I tried to throat punch you via text but there's no app for that. I looked. Twice.

Free, Breakup Ecard: I tried to throat punch you via text but there's no app for that. I looked.

"Sorry, but your password must contain an uppercase letter, a number, a haiku, a gang sign, a hieroglyph, and the blood of a virgin." #ITHumor

Sorry but your password must contain an uppercase letter, a number, a haiku, a gang sign, a hieroglyph and the blood of a virgin.

One of those days

Funny Pictures And Quotes Of The Week - 50 Pics -

I'm going to use what little energy I have today to breathe and maybe blink. I'm six and a half months pregnant so all my energy is going to growing the mini-giant inside of me! I'm 27 12 weeks and she already weighs 3 12 lbs.

That feeling..

The face you make when you think you're done with all the dishes and turn around to see the pots on the stove

Someone posted a whisper, which reads "I saw a guy take a bite out of a Kit Kat bar without breaking it apart. Sir, we live in a society with rules.

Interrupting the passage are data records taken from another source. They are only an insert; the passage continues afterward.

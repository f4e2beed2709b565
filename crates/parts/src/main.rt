//! Shows of the parts below the kernel what no contract says: texts, formats, errors, and that calls find memory where there
//! is enough.
//!
//! Standard input has a table, of which each row prints what it tells. Its first word is its kind:
//!
//! | Row | What it tells |
//! |---|---|
//! | `trace TEXT` | the whole trace of a text, or its first fault |
//! | `hex DIGITS` | the same of a binary trace, of bytes in hexadecimal digits with blanks anywhere |
//! | `binary TEXT` | the bytes that are written of a text's trace, where reading them gives that trace again |
//! | `fronts TEXT` | of each shorter front of these bytes what it is, and how many in a row are the same |
//! | `work SEED COUNT` | the made trace of a seed and a number of calls |
//! | `asm TEXT` | whether an assembler's text is canonical, and its image, or its first fault |
//! | `asm-bytes DIGITS` | the same of a text in hexadecimal digits |
//! | `invoke NAME IMAGE FUNCTION STEPS CALL` | why an application's invoke stopped, and what it left, by grants of so many steps; CALL is `cancelled` or `-` |
//! | `object NAME CALL ..`, `unbuffered ..` | what a call on an object asks for, and leaves (`objects.rt`) |
//! | `client TRIES ROUNDS CANCEL A0 ..` | what a client's open comes to by these answers, with so many tries and RPC returns and a cancellation after so many or `-`, and how many SMCs were made, before and after a close |
//! | `message COOKIE DIGITS` | the result in a message, once a client was asked by these bytes and its buffer of this cookie |
//! | `outputs A0` | what comes back in an operation whose invoke is answered this |
//! | `source ROOMS TEXT STEP ..` | what a source over a fake reader answers at each call, with so much room |
//! | `sink TEXT STEP ..` | what a sink over a fake writer answers, and what the writer has then |
//! | `hears TEXT STEP ..` | what a port of a conversation over a fake reader hears first and next; a stroke stands for a line feed |
//! | `hmac KEY MESSAGE` | the HMAC of a message, and that by pieces of one byte, all in hexadecimal digits; none are a dash |
//! | `pages LIST COUNT ADDRESS DIGITS` | the pages of a list, where these bytes stand at an address of RAM |
//! | `copy ADDRESS SIZE DIGITS` | what is copied of a buffer at that address, where these bytes stand, and how many reads that takes |
//! | `desk VALUE ..` | what a desk with a driver of value 1 tells next, three times, after these signals |
//! | `lock WORDS WORDS` | what two threads have written into one log under a lock |
//! | `errors` | the text of each error that no other row prints |
//!
//! Each text has `|` for its line feeds. A line that begins with `##` is skipped, and one `let NAME TEXT` makes NAME stand
//! for TEXT in the rows behind it, in which the names before it may stand.
//!
//! By words of its command line it does one thing alone, whose cost is measured: `text` reads the text of a trace from
//! standard input and prints what it holds, `asm` assembles such a text, and `invoke IMAGE STEPS` runs an image's invoke by
//! one grant.
#![tactic(auto)]

mod names;

// Texts and formats
mod asm_texts;
mod error_texts;
mod hmac_vectors;
mod traces;

// Applications
mod machines;
mod objects;

// A client over a port of tests
mod client_messages;
mod client_outputs;
mod client_rounds;
mod turns;

// Ports, a lock, and calls that no program makes
mod adding;
mod fake_ports;
mod log;
mod unreached_calls;

use crate::names::{Names, add_name, spelled};
use anyhow::{Context, Result, bail};
use std::alloc::Global;
use std::env;
use std::io::Read;
use std::rt::Env;
use std::sync::Wait;
use std::thread::Threads;
use tee_storage::Handles;

/// What a row about a part that stands alone tells.
fn told_of_part<R: Threads + Wait + Sync>(
    rt: &R,
    alloc: Global,
    kind: &str,
    row: &str,
) -> Result<String> {
    match kind {
        "hmac" => hmac_vectors::told(alloc, row),
        "pages" => unreached_calls::pages_told(alloc, row),
        "copy" => unreached_calls::copy_told(alloc, row),
        "desk" => unreached_calls::desk_told(alloc, row),
        "lock" => adding::told(rt, alloc, row),
        "errors" => error_texts::told(alloc),
        _ => bail!("no kind of row: {kind}"),
    }
}

/// What a row about what is called or asked for tells.
fn told_of_calls<R: Threads + Wait + Sync>(
    rt: &R,
    alloc: Global,
    kind: &str,
    row: &str,
) -> Result<String> {
    match kind {
        "invoke" => machines::told(alloc, row),
        "client" => client_rounds::told(alloc, row),
        "message" => client_messages::told(alloc, row),
        "outputs" => client_outputs::told(alloc, row),
        "source" => fake_ports::source_told(alloc, row),
        "sink" => fake_ports::sink_told(alloc, row),
        "hears" => fake_ports::heard_told(alloc, row),
        _ => told_of_part(rt, alloc, kind, row),
    }
}

/// What a row tells.
fn told<R: Threads + Wait + Sync>(
    rt: &R,
    alloc: Global,
    handles: &mut Handles,
    row: &str,
) -> Result<String> {
    let (kind, rest) = row.split_once(' ').unwrap_or((row, ""));
    match kind {
        "trace" | "hex" | "binary" | "fronts" | "work" => traces::told(alloc, kind, rest),
        "asm" => asm_texts::told(alloc, rest.as_bytes()),
        "asm-bytes" => asm_texts::bytes_told(alloc, rest),
        "object" | "unbuffered" => objects::told(alloc, handles, row),
        _ => told_of_calls(rt, alloc, kind, rest),
    }
}

/// Prints what a row tells.
fn print_row<R: Print + Threads + Wait + Sync>(
    rt: &R,
    alloc: Global,
    names: &Names,
    handles: &mut Handles,
    row: &str,
) -> Result<()> {
    let row = spelled(alloc, row, names)?;
    let told = told(rt, alloc, handles, row.as_str())?;
    println!(rt; "{told}").context("printing a row")
}

/// Takes one line of the table.
fn take_line<R: Print + Threads + Wait + Sync>(
    rt: &R,
    alloc: Global,
    names: &mut Names,
    handles: &mut Handles,
    line: &str,
) -> Result<()> {
    if line.starts_with("##") {
        return Ok(());
    }
    match line.strip_prefix("let ") {
        Some(rest) => add_name(alloc, names, rest),
        None => print_row(rt, alloc, names, handles, line),
    }
}

/// Takes each line of the table.
fn take_table<R: Input + Print + AllocGlobal + Threads + Wait + Sync>(rt: &R) -> Result<()> {
    let alloc = rt.alloc();
    let mut names = Vec::new(alloc);
    let mut handles = Handles::new();
    for line in rt.lines(alloc) {
        take_line(rt, alloc, &mut names, &mut handles, line?.as_str())?;
    }
    Ok(())
}

/// All bytes of standard input.
fn whole_input(rt: &(impl Input + AllocGlobal)) -> Result<Vec<u8>> {
    let mut bytes = Vec::new(rt.alloc());
    rt.reader().read_to_end(&mut bytes)?;
    Ok(bytes)
}

/// What is measured by these words.
fn told_alone(rt: &(impl Input + AllocGlobal), word: &str, rest: &[String]) -> Result<String> {
    let alloc = rt.alloc();
    match (word, rest) {
        ("text", []) => traces::summary_of(alloc, whole_input(rt)?.as_slice()),
        ("asm", []) => asm_texts::told(alloc, whole_input(rt)?.as_slice()),
        ("invoke", [image, steps]) => machines::stop_told(alloc, image.as_str(), steps.as_str()),
        _ => bail!("no such words"),
    }
}

/// The words of the command line behind the program's name.
fn arguments(rt: &(impl Env + AllocGlobal)) -> Result<Vec<String>> {
    Ok(env::args(rt)?.skip(1).collect(rt.alloc())?)
}

fn number(word: &str) -> Result<u32> {
    word.parse::<u32>().ok().context("reading a number")
}

/// The bytes of a word in hexadecimal digits; none are a dash.
fn bytes_of(alloc: Global, word: &str) -> Result<Vec<u8>> {
    let digits = if word == "-" { "" } else { word };
    hex::decode(alloc, digits).context("reading bytes")
}

fn main(rt: HostRuntime) -> Result<()> {
    let words = arguments(&rt)?;
    match words.as_slice() {
        [] => take_table(&rt),
        [word, rest @ ..] => {
            let told = told_alone(&rt, word.as_str(), rest)?;
            println!(rt; "{told}").context("printing")
        }
    }
}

Me as a Parent Son: Mommy, I can't sleep. There's a monster in my closet. Me: That's silly, there's no mons- OH LAWD, IT'S TEARING MY ARM OFF! Just kidding, he only eats kids, goodnight!

Haha- can somehow relate to this. I don't advise it if you don't want your kid to be afraid of anything and take off cross country by himself at - it all makes sense now (just kidding young parents, it just doesn't make any sense when they grow up).

For real though.

Yes we did…it was the Great Depression, it worked out pretty well…maybe we should do it again………JK! No Great Depression please, thanks you.

38 Funny Pictures for Today If You'd like, click the link to see more like this: http://dummiesoftheyear.com/38-funny-pictures-for-today-4/

35 Funny Pictures for Today

38 Funny Pictures for Today - Dummies of the Year shares the funniest pictures, cutest animals, and most popular videos every single day!